Economy

White House, Senate GOP Unveil Half-Assed Stimulus Proposal

Written by SK Ashby

Senate Republicans will supposedly release the actual text of their stimulus proposal at some point later today, but Treasury Secretary Steve Mnuchin has now told us what will or won't be in it.

Mnuchin appeared on Fox News yesterday where he said it would include stimulus checks, liability protection for corporations, and a massive cut for the pandemic unemployment program.

From CNBC:

Mnuchin said Sunday that he hopes Congress can work in a bipartisan manner to approve the GOP proposal, which is expected to have another round of $1,200 stimulus checks for Americans and liability protections for businesses and schools among other provisions.

It also will modify the federal unemployment insurance supplement to include about 70% wage replacement for individuals, he said, instead of the $600 boost in weekly benefits for all recipients. That benefit, which was a key component of the $2.2 trillion CARES Act, came to an end over the weekend.

House Democrats have already said they won't agree to cutting the pandemic unemployment program but, just to make an example, let's say they do. What would that mean?

Under the GOP proposal, tens of millions of people would see their income drop below a level that has allowed them to pay their bills and stay in their homes. A wave of evictions and defaults, which could number as high as 25 million, will follow. And there are no jobs to go back to for many people.

Even if you discount the possibility that millions will lose their homes, cutting the program also means taking tens of billions of consumer spending out of the economy every single week. Consumer spending enabled by the pandemic program is supporting jobs that may also be cut without consumer spending.

The last pandemic unemployment payments were processed over the weekend and there will be none next week if congressional Republican statements are taken at face value. Senate Majority Mitch McConnell said he does not even expect to pass something and send it to the House for weeks!

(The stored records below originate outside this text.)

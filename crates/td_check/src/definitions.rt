//! Which definitions of a script are refused, and where.

use crate::names::Names;
use crate::pieces::{DefinitionSpan, pieces, tokens_of};
use crate::report::Report;
use std::alloc::AllocError;
use td_grammar::{ReadError, read_script};
use td_headings::Catalogue;
use td_parse_errors::{Reading, is_too_deep, place_of_fault};
use td_tokens::{Token, tokens_end};
use td_type_errors::{Diagnostic, define_or_diagnose};

// What is wrong with a text that is no definition, where its reading stops at this place.
fn syntax_fault(text: &str, place: usize) -> &'static str {
    let (front, rest) = text.split_at(text.floor_char_boundary(place));
    if rest.is_empty() {
        return "the definition ends here too early; a semicolon may be missing";
    }
    if tokens_end(text) > front.len() {
        return "this does not go on with the definition";
    }
    match rest.as_bytes() {
        [b'\'', ..] => "a text without its closing quote on this line",
        [b'/', b'*', ..] => "a comment without its end",
        [b'(' | b'{', ..] => "more than 64 brackets are open here",
        [b'0'..=b'9', ..] => "an integer that is too large, or that letters follow",
        [b'a'..=b'z' | b'A'..=b'Z', ..] => "a name of more than 64 bytes",
        _ => "a character that no word of the language has",
    }
}

/// What was defined so far.
#[derive(Drop)]
struct Checker<'a> {
    script: &'a str,
    catalogue: Catalogue,
    names: Names<'a>,
}

impl<'a> Checker<'a> {
    // Tells why the definition is ill typed, and forgets what it would have defined.
    fn refuse(
        &mut self,
        report: &mut Report<'_>,
        piece: &DefinitionSpan<'a>,
        tokens: &[Token<'a>],
        found: &Diagnostic,
    ) -> Result<(), AllocError> {
        if self.names.is_twice(tokens) {
            report.count_refused();
            return self.tell_type(report, piece, found);
        }
        let unknown = self.names.unknown_names(report.alloc, tokens)?;
        let is_judged = if unknown.is_empty() {
            !self.names.names_refused(tokens)
        } else {
            !unknown.iter().all(|name| self.names.is_lost(name.text))
        };
        if is_judged {
            report.count_refused();
            self.tell_mistakes(report, piece, &unknown, found)?;
        } else {
            report.count_unjudged();
        }
        self.names.lose(tokens)
    }

    // Tells what is ill typed in the piece, at the place in the script at which that is found.
    fn tell_type(
        &self,
        report: &mut Report<'_>,
        piece: &DefinitionSpan<'a>,
        found: &Diagnostic,
    ) -> Result<(), AllocError> {
        let what = format!(in report.alloc; "ill typed: {}", found.message)?;
        report.tell(self.script, piece.begin.saturating_add(found.place), &what)
    }

    // Tells what the types have found, unless that is a name which a definition that was refused would have defined;
    // and the other names that nothing defines.
    fn tell_mistakes(
        &self,
        report: &mut Report<'_>,
        piece: &DefinitionSpan<'a>,
        unknown: &[Token<'a>],
        found: &Diagnostic,
    ) -> Result<(), AllocError> {
        let at = unknown.iter().find(|name| name.start == found.place);
        if !at.is_some_and(|name| self.names.is_lost(name.text)) {
            self.tell_type(report, piece, found)?;
        }
        for name in unknown {
            let is_told = at.is_some_and(|told| told.text == name.text);
            if !is_told && !self.names.is_lost(name.text) {
                let place = piece.begin.saturating_add(name.start);
                report.tell(
                    self.script,
                    place,
                    "ill typed: nothing before defines this name",
                )?;
            }
        }
        Ok(())
    }

    // Defines what the piece is, or tells why it is ill typed.
    fn define(
        &mut self,
        report: &mut Report<'_>,
        piece: &DefinitionSpan<'a>,
    ) -> Result<(), AllocError> {
        let tokens = tokens_of(report.alloc, piece.text)?;
        match define_or_diagnose(report.alloc, &mut self.catalogue, piece.text)? {
            None => self.names.accept(&tokens),
            Some(found) => self.refuse(report, piece, &tokens, &found),
        }
    }

    // Tells where the piece goes wrong as a text.
    fn tell_syntax(
        &mut self,
        report: &mut Report<'_>,
        piece: &DefinitionSpan<'a>,
    ) -> Result<(), AllocError> {
        let Some(place) = place_of_fault(report.alloc, Reading::Script, piece.text)? else {
            return Ok(());
        };
        report.count_refused();
        let what = if is_too_deep(report.alloc, Reading::Script, piece.text)? {
            "the expression nests deeper than 256 levels here"
        } else {
            syntax_fault(piece.text, place)
        };
        report.tell(self.script, piece.begin.saturating_add(place), what)?;
        let (front, _) = piece.text.split_at(tokens_end(piece.text));
        self.names.lose(&tokens_of(report.alloc, front)?)
    }

    // Counts the piece as a definition, and defines it or tells why it is refused.
    fn judge(
        &mut self,
        report: &mut Report<'_>,
        piece: &DefinitionSpan<'a>,
    ) -> Result<(), AllocError> {
        report.count_definition();
        match read_script(report.alloc, piece.text) {
            Ok(definitions) => match definitions.as_slice() {
                [_] => self.define(report, piece),
                _ => Ok(()),
            },
            Err(ReadError::Syntax) => self.tell_syntax(report, piece),
            Err(ReadError::OutOfMemory) => Err(AllocError),
        }
    }
}

/// Judges each definition of a script, from a byte on, after those before it that were accepted. It takes the time of
/// reading and typing the script, and for each definition a walk along the script.
pub(crate) fn check_definitions(
    report: &mut Report<'_>,
    script: &str,
    from: usize,
) -> Result<(), AllocError> {
    let mut checker = Checker {
        script,
        catalogue: Catalogue::new(report.alloc),
        names: Names::new(report.alloc),
    };
    for piece in &pieces(report.alloc, script, from)? {
        checker.judge(report, piece)?;
    }
    Ok(())
}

Hopefully in the next two to three weeks we’ll be able to come together and pass something that we can send over to the House and down to the President for signature,” McConnell told WKTY, a CNN- affiliate station in Kentucky, in an interview published Friday evening.

If they really don't pass anything this week or even in the next two weeks, that means up to 30 million people will see no additional money until the middle of August. They won't see the normal benefit or even the reduced benefit proposed by Republicans; they'll see nothing.

It's difficult to see this as anything other than an economic disaster in the making. The only way out of it would be to temporarily extend the program this week so payments will continue next week.

House Democrats passed a stimulus bill two months ago and Senate Republicans spent the entire summer doing nothing but confirming Trump's court nominees.